→ WHAT THE EXERCISE ASKS:
Return exactly the lines that run from the one with "grow_behind(nodes, &row[shared..], p, b, n, tag)" to the last line of the entries below, both included, and nothing else.

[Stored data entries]
Segment Open

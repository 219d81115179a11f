// Document 01, "then filled in sheet order": kits that come in listing order, entered into a table that was empty. Each goes behind all that the table
// holds, so that the next free node and every link are known, and nothing is searched.
#![tactic(auto)]

ghost use Rattle.std.specs.Prelude.{◌≡◌, ◌≤◌, ◌++◌};
ghost use Rattle.kits.specs.Kits.{most_units, units_in};
ghost use Rattle.nodes.specs.Nodes.{row_of};
ghost use Rattle.index_insert.specs.Enter.{enter_below, enter};
ghost use Rattle.index_append.specs.Inner.{LastEntered, Appendable, Agrees, Appends};

use index_links::{link_behind, move_tallies, put_tag};
use kits::{Row, agree};
use nodes::{depth_at, parent_at};

// Enters labels below the node at, behind its last child, in the nodes from n on, and the tag at their end: how many nodes are used then. behind is 0
// where the node has no child, as a link is. (Six numbers of one private function with one caller: a struct is no plainer.)
fn grow_behind(
    nodes: &mut [u16],
    labels: &[u16],
    at: usize,
    behind: usize,
    n: usize,
    tag: u16,
) -> usize
    requires { Appends nodes.old labels.now at behind n }
    ensures entered { nodes.new ≡ enter_below nodes.old at labels.now tag }
    ensures last { LastEntered nodes.new result (row_of nodes.old at ++ labels.now) }
{
    let mut p = at;
    let mut b = behind;
    let mut f = n;
    for label in labels {
        link_behind(nodes, p, b, *label, f);
        p = f;
        b = 0;
        f += 1;
    }
    put_tag(nodes, p, tag);
    f
}

// Enters a row that is not before the one entered last and agrees with it in so many places, with the nodes from n on: how many nodes are used then. The
// last row ends at node n - 1; up from there to the depth to which they agree, the row goes on below p, behind b.
fn append(nodes: &mut [u16], row: &[u16], shared: usize, n: usize, tag: u16) -> usize
    requires { Agrees nodes.old n row.now shared }
    ensures entered { nodes.new ≡ enter_below nodes.old 0 row.now tag }
    ensures last { LastEntered nodes.new result row.now }
{
    let mut p = n - 1;
    let mut b = 0;
    while shared < depth_at(nodes, p) {
        b = p;
        p = parent_at(nodes, p);
    }
    grow_behind(nodes, &row[shared..], p, b, n, tag)
}

// Enters a kit's row behind prev, the one entered last, with the nodes from n on: how many nodes are used then.
pub fn append_row(nodes: &mut [u16], prev: Row, row: Row, n: usize, t: u16) -> usize
    requires fact_1 { (prev.len ≤ most_units) × (row.len ≤ most_units) }
    requires fact_2 { Appendable nodes.old n (units_in prev) (units_in row) }
    ensures fact_1 { nodes.new ≡ enter nodes.old (units_in row) t }
    ensures fact_2 { LastEntered nodes.new result (units_in row) }
{
    let shared = agree(prev, row);
    let used = append(nodes, row.units(), shared, n, t);
    move_tallies(nodes, used - 1, 0, 1);
    used
}
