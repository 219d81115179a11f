#![tactic(auto)]

// Laws alone: a kit entered and struck out next gives back the table word for word, since kits and the nodes of their rows tell a sound table.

Segment Closed

→ RESPONSE FOR THIS EXERCISE:
    grow_behind(nodes, &row[shared..], p, b, n, tag)
}

// Enters a kit's row behind prev, the one entered last, with the nodes from n on: how many nodes are used then.
pub fn append_row(nodes: &mut [u16], prev: Row, row: Row, n: usize, t: u16) -> usize
    requires fact_1 { (prev.len ≤ most_units) × (row.len ≤ most_units) }
    requires fact_2 { Appendable nodes.old n (units_in prev) (units_in row) }
    ensures fact_1 { nodes.new ≡ enter nodes.old (units_in row) t }
    ensures fact_2 { LastEntered nodes.new result (units_in row) }
{
    let shared = agree(prev, row);
    let used = append(nodes, row.units(), shared, n, t);
    move_tallies(nodes, used - 1, 0, 1);
    used
}
repository 219d81115179a11f
#![tactic(auto)]

// Laws alone: a kit entered and struck out next gives back the table word for word, since kits and the nodes of their rows tell a sound table.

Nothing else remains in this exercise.